ショパン国際コンクール、1次予選で初めて進藤実優さんの演奏を聴いた時に妙に気になった指の動作。エチュード演奏時は、鍵盤に掴みかかるのではと思えるような指の動きに違和感を感じました。時には、指をそろえず一本指を立ててポーンと鍵盤を鳴らす。
2次予選の時になって気付きました。進藤さんは、決して鍵盤の上にを指を置いておかない。音を鳴らしたら、指をすぐに離して、手を上に上げる。鳴らす必要のない鍵盤には触らない。そうすることで、隣の鍵盤に指が引っ掛かることもなく、音が正確にきれいに響いてくる。
指先まで「全集中」の弾き方なのですね。
本日14日(木)の20:20に、進藤実優さんの3次予選 (Stage III)の演奏が始まりました。
演奏曲は、
1. マズルカ Op.17の4曲
2. マズルカ風ロンド へ長調 Op.5
3. ピアノソナタ第3番 ロ短調 Op.58
1楽章 アレグロ・マエストーゾ
2楽章 スケルツォ
3楽章 ラルゴ
4楽章 フィナーレ・プレスト・マ・ノン・タント
マズルカは、自然に体がリズムに乗っていた様子でしたので、楽しんで弾いていたのかもしれません。
ピアノソナタ第3番の3楽章のラルゴ、進藤さんは見事に歌いあげていました。情感豊かで心を打たれました。

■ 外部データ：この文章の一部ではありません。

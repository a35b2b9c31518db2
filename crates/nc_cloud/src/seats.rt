ghost use Rattle.std.specs.Prelude.{◌≡◌, ◌<◌, ℕ, map, length, find, nat_eq, option_copied, slice_index_or, IfOk, IsErrOf, AllPairs, All, ◌≢◌};
ghost use Rattle.std.specs.Thread.{IsSync};
ghost use Rattle.nc_frame.specs.Frames.{Whole};
ghost use Rattle.nc_cloud.specs.Contents.{Grows, Leaves, Rose};
ghost use Rattle.nc_cloud.specs.Cloud.{AreSorted, Lists};
ghost use Rattle.nc_cloud.specs.declared.cloud.CloudError.TheVariants.{Failed};
ghost use Rattle.nc_cloud.specs.Fleet.{asked, Answers, chunks_got, got_count, writes, touches, erasures, erase_touches};
ghost use Rattle.nc_cloud.specs.Seats.{contents_at, count_at, answer_from, AllServed, ask_at, clouds_in, done_from, erase_at, job_at, collected_ask, collected_erase, collected_job, DidErase, DidGet, DidPut, Serves};

use crate::at_once::AtOnce;
use crate::cloud::{Cloud, CloudError, Got, KeyList};
use crate::fleet::{Answer, Ask, Done, Erase, Job};
use nc_name::Memory;
use std::alloc::Global;
use std::thread::Threads;
use std::{mem, thread};

/// More than there are clouds in a fleet.
const MOST_THREADS: usize = 16;

/// A cloud beside a place for its answer.
#[derive(Drop)]
pub struct Seat<C> {
    pub cloud: C,
    pub answer: Answer,
    pub done: Done,
}

/// The ask of a cloud.
fn ask_of(asks: &[Ask], cloud: usize) -> Option<&Ask>
    ensures { option_copied result ≡ ask_at asks.now cloud }
{
    asks.iter().find(|a| a.cloud as usize == cloud)
}

/// The job of a cloud.
fn job_of(jobs: &[Job], cloud: usize) -> Option<&Job>
    ensures { option_copied result ≡ job_at jobs.now cloud }
{
    jobs.iter().find(|j| j.cloud as usize == cloud)
}

/// The delete of a cloud.
fn erase_of(erases: &[Erase], cloud: usize) -> Option<&Erase>
    ensures { option_copied result ≡ erase_at erases.now cloud }
{
    erases.iter().find(|e| e.cloud as usize == cloud)
}

fn answer_by(got: Result<Got, CloudError>) -> Answer
    ensures { result ≡ answer_from got }
{
    match got {
        Ok(Got::Bytes(bytes)) => Answer::Bytes(bytes),
        Ok(Got::Absent) => Answer::Absent,
        Ok(Got::Long) => Answer::Long,
        Err(CloudError::Failed) => Answer::Failed,
        Err(CloudError::Memory) => Answer::Memory,
    }
}

fn done_by(ended: Result<(), CloudError>) -> Done
    ensures { result ≡ done_from ended }
{
    match ended {
        Ok(()) => Done::Ok,
        Err(CloudError::Failed) => Done::Failed,
        Err(CloudError::Memory) => Done::Memory,
    }
}

/// Serves the ask of this cloud, where there is one.
fn serve_get<C: Cloud>(cloud: usize, seat: &mut Seat<C>, asks: &[Ask])
    ensures { Serves (DidGet C.Cloud) (ask_at asks.now cloud) seat.old seat.new }
{
    match ask_of(asks, cloud) {
        None => {}
        Some(ask) => {
            seat.answer = answer_by(seat.cloud.get(&ask.key, ask.most));
        }
    }
}

/// Does the job of this cloud, where there is one.
fn serve_put<C: Cloud>(cloud: usize, seat: &mut Seat<C>, jobs: &[Job])
    requires { All (λ j. Whole j.bytes) jobs.now }
    ensures { Serves (DidPut C.Cloud) (job_at jobs.now cloud) seat.old seat.new }
{
    match job_of(jobs, cloud) {
        None => {}
        Some(job) => {
            seat.done = done_by(seat.cloud.put(&job.key, job.bytes.bytes()));
        }
    }
}

/// Does the delete of this cloud, where there is one.
fn serve_erase<C: Cloud>(cloud: usize, seat: &mut Seat<C>, erases: &[Erase])
    ensures { Serves (DidErase C.Cloud) (erase_at erases.now cloud) seat.old seat.new }
{
    match erase_of(erases, cloud) {
        None => {}
        Some(erase) => {
            seat.done = done_by(seat.cloud.delete(&erase.key));
        }
    }
}

/// Each cloud serves its ask, all at the same time, in a thread each where threads can be begun.
pub fn get_at_once<C: Cloud + Send + Drop, R: Threads + Sync>(
    rt: &R,
    seats: &mut [Seat<C>],
    asks: &[Ask],
)
    ensures { AllServed (λ c. Serves (DidGet C.Cloud) (ask_at asks.now c)) seats.old seats.new }
{
    thread::for_each_mut(
        rt,
        seats,
        MOST_THREADS,
        &|cloud, seat| serve_get(cloud, seat, asks),
    );
}

/// Each cloud does its job, all at the same time, in a thread each where threads can be begun.
pub fn put_at_once<C: Cloud + Send + Drop, R: Threads + Sync>(
    rt: &R,
    seats: &mut [Seat<C>],
    jobs: &[Job],
)
    requires { All (λ j. Whole j.bytes) jobs.now }
    ensures { AllServed (λ c. Serves (DidPut C.Cloud) (job_at jobs.now c)) seats.old seats.new }
{
    thread::for_each_mut(
        rt,
        seats,
        MOST_THREADS,
        &|cloud, seat| serve_put(cloud, seat, jobs),
    );
}

/// Each cloud does its delete, all at the same time, in a thread each where threads can be begun.
pub fn delete_at_once<C: Cloud + Send + Drop, R: Threads + Sync>(
    rt: &R,
    seats: &mut [Seat<C>],
    erases: &[Erase],
)
    ensures { AllServed (λ c. Serves (DidErase C.Cloud) (erase_at erases.now c)) seats.old seats.new }
{
    thread::for_each_mut(
        rt,
        seats,
        MOST_THREADS,
        &|cloud, seat| serve_erase(cloud, seat, erases),
    );
}

/// Takes the answer out of a seat.
fn taken<C>(seats: &mut [Seat<C>], cloud: usize) -> Answer
    requires { cloud < length seats.old }
    ensures answer { result ≡ slice_index_or (map (λ s. s.answer) seats.old) cloud Answer.Waiting }
    ensures clouds { clouds_in seats.new ≡ clouds_in seats.old }
    ensures others { (c : ℕ) → c ≢ cloud → slice_index_or (map (λ s. s.answer) seats.new) c Answer.Waiting ≡ slice_index_or (map (λ s. s.answer) seats.old) c Answer.Waiting }
{
    mem::replace(&mut seats[cloud].answer, Answer::Waiting)
}

/// Moves the answers to the asks.
fn collect_gets<C>(seats: &mut [Seat<C>], asks: &mut [Ask])
    requires below { All (λ a. a.cloud < length seats.old) asks.old }
    requires once { AllPairs (λ a b. a.cloud ≢ b.cloud) asks.old }
    ensures answers { asks.new ≡ map (collected_ask seats.old) asks.old }
    ensures clouds { clouds_in seats.new ≡ clouds_in seats.old }
{
    for i in 0..asks.len() {
        asks[i].answer = taken(seats, asks[i].cloud as usize);
    }
}

/// The answer in a seat.
fn done_at<C>(seats: &[Seat<C>], cloud: usize) -> Done
    requires { cloud < length seats.now }
    ensures { result ≡ slice_index_or (map (λ s. s.done) seats.now) cloud Done.Waiting }
{
    seats[cloud].done
}

/// Copies the answers to the jobs.
fn collect_puts<C>(seats: &[Seat<C>], jobs: &mut [Job])
    requires { All (λ j. j.cloud < length seats.now) jobs.old }
    ensures { jobs.new ≡ map (collected_job seats.now) jobs.old }
{
    for job in jobs.iter_mut() {
        job.done = done_at(seats, job.cloud as usize);
    }
}

/// Copies the answers to the deletes.
fn collect_erases<C>(seats: &[Seat<C>], erases: &mut [Erase])
    requires { All (λ e. e.cloud < length seats.now) erases.old }
    ensures { erases.new ≡ map (collected_erase seats.now) erases.old }
{
    for erase in erases.iter_mut() {
        erase.done = done_at(seats, erase.cloud as usize);
    }
}

/// A round of gets: each cloud serves its ask, and then the answers are moved to the asks.
pub(crate) fn fan_gets<C: AtOnce, R: Threads + Sync>(
    rt: &R,
    seats: &mut [Seat<C>],
    asks: &mut [Ask],
)
    requires shared { IsSync R.row }
    requires below { All (λ a. a.cloud < length seats.old) asks.old }
    requires once { AllPairs (λ a b. a.cloud ≢ b.cloud) asks.old }
    ensures entries { map asked asks.new ≡ map asked asks.old }
    ensures answered { All (λ a. a.answer ≢ Answer.Waiting) asks.new }
    ensures told { C.tells → All (λ a. Answers a (contents_at C.held (clouds_in seats.old) a.cloud a.key)) asks.new }
    ensures failed { All (λ a. a.answer ≡ Answer.Failed → Rose (count_at C.faults (clouds_in seats.old) a.cloud) (count_at C.faults (clouds_in seats.new) a.cloud)) asks.new }
    ensures exact { C.counts_exactly → (c : ℕ) → All (λ a. a.cloud ≡ c → a.answer ≢ Answer.Failed) asks.new → count_at C.faults (clouds_in seats.new) c ≡ count_at C.faults (clouds_in seats.old) c }
    ensures held { contents_at C.held (clouds_in seats.new) ≡ contents_at C.held (clouds_in seats.old) }
    ensures grows { Grows (count_at C.faults (clouds_in seats.old)) (count_at C.faults (clouds_in seats.new)) }
    ensures slips { count_at C.slips (clouds_in seats.new) ≡ count_at C.slips (clouds_in seats.old) }
    ensures gets { (c : ℕ) → count_at C.chunk_gets (clouds_in seats.new) c ≡ got_count (count_at C.chunk_gets (clouds_in seats.old) c) (chunks_got c asks.new) }
{
    C::get_all(rt, seats, asks);
    collect_gets(seats, asks);
}

/// A round of puts: each cloud does its job, and then the answers are copied to the jobs.
pub(crate) fn fan_puts<C: AtOnce, R: Threads + Sync>(
    rt: &R,
    seats: &mut [Seat<C>],
    jobs: &mut [Job],
)
    requires shared { IsSync R.row }
    requires below { All (λ j. j.cloud < length seats.old) jobs.old }
    requires once { AllPairs (λ a b. a.cloud ≢ b.cloud) jobs.old }
    requires whole { All (λ j. Whole j.bytes) jobs.old }
    ensures entries { writes jobs.new ≡ writes jobs.old }
    ensures answered { All (λ j. j.done ≢ Done.Waiting) jobs.new }
    ensures told { C.tells → Leaves (touches jobs.new) (contents_at C.held (clouds_in seats.old)) (contents_at C.held (clouds_in seats.new)) }
    ensures failed { All (λ j. j.done ≡ Done.Failed → Rose (count_at C.faults (clouds_in seats.old) j.cloud) (count_at C.faults (clouds_in seats.new) j.cloud)) jobs.new }
    ensures exact { C.counts_exactly → (c : ℕ) → All (λ j. j.cloud ≡ c → j.done ≢ Done.Failed) jobs.new → count_at C.faults (clouds_in seats.new) c ≡ count_at C.faults (clouds_in seats.old) c }
    ensures grows { Grows (count_at C.faults (clouds_in seats.old)) (count_at C.faults (clouds_in seats.new)) }
    ensures slips { count_at C.slips (clouds_in seats.new) ≡ count_at C.slips (clouds_in seats.old) }
    ensures gets { count_at C.chunk_gets (clouds_in seats.new) ≡ count_at C.chunk_gets (clouds_in seats.old) }
{
    C::put_all(rt, seats, jobs);
    collect_puts(seats, jobs);
}

/// A round of deletes: each cloud does its delete, and then the answers are copied to the entries.
pub(crate) fn fan_deletes<C: AtOnce, R: Threads + Sync>(
    rt: &R,
    seats: &mut [Seat<C>],
    erases: &mut [Erase],
)
    requires shared { IsSync R.row }
    requires below { All (λ e. e.cloud < length seats.old) erases.old }
    requires once { AllPairs (λ a b. a.cloud ≢ b.cloud) erases.old }
    ensures entries { erasures erases.new ≡ erasures erases.old }
    ensures answered { All (λ e. e.done ≢ Done.Waiting) erases.new }
    ensures told { C.tells → Leaves (erase_touches erases.new) (contents_at C.held (clouds_in seats.old)) (contents_at C.held (clouds_in seats.new)) }
    ensures failed { All (λ e. e.done ≡ Done.Failed → Rose (count_at C.slips (clouds_in seats.old) e.cloud) (count_at C.slips (clouds_in seats.new) e.cloud)) erases.new }
    ensures exact { C.counts_exactly → (c : ℕ) → All (λ e. e.cloud ≡ c → e.done ≢ Done.Failed) erases.new → count_at C.slips (clouds_in seats.new) c ≡ count_at C.slips (clouds_in seats.old) c }
    ensures sure { C.sure_deletes → All (λ e. e.done ≢ Done.Memory) erases.new }
    ensures grows { Grows (count_at C.slips (clouds_in seats.old)) (count_at C.slips (clouds_in seats.new)) }
    ensures faults { count_at C.faults (clouds_in seats.new) ≡ count_at C.faults (clouds_in seats.old) }
    ensures gets { count_at C.chunk_gets (clouds_in seats.new) ≡ count_at C.chunk_gets (clouds_in seats.old) }
{
    C::delete_all(rt, seats, erases);
    collect_erases(seats, erases);
}

/// The keys of all objects of one cloud.
pub(crate) fn list_at<C: Cloud>(seats: &mut [Seat<C>], cloud: usize) -> Result<KeyList, CloudError>
    requires { cloud < length seats.old }
    ensures told { C.tells → IfOk result (Lists (contents_at C.held (clouds_in seats.old) cloud)) }
    ensures sorted { IfOk result AreSorted }
    ensures failed { IsErrOf result Failed → Rose (count_at C.slips (clouds_in seats.old) cloud) (count_at C.slips (clouds_in seats.new) cloud) }
    ensures exact { C.counts_exactly → (c : ℕ) → (c ≡ cloud → IsErrOf result Failed → ⊥) → count_at C.slips (clouds_in seats.new) c ≡ count_at C.slips (clouds_in seats.old) c }
    ensures held { contents_at C.held (clouds_in seats.new) ≡ contents_at C.held (clouds_in seats.old) }
    ensures grows { Grows (count_at C.slips (clouds_in seats.old)) (count_at C.slips (clouds_in seats.new)) }
    ensures faults { count_at C.faults (clouds_in seats.new) ≡ count_at C.faults (clouds_in seats.old) }
    ensures gets { count_at C.chunk_gets (clouds_in seats.new) ≡ count_at C.chunk_gets (clouds_in seats.old) }
{
    seats[cloud].cloud.list()
}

とても19歳と思えない表現力です。
ソナタ第3番は、ショパンが、父親が亡くなったことを知り、悲しみに暮れ精神的に落ち込んでしまい、その後ジョルジュ・サンドの家に住むことになったことで回復に向かい、この曲を書いたと言われています。
悲しみから喜びに移り変わる心情を、進藤さん独自の解釈で描いたのでないでしょうか。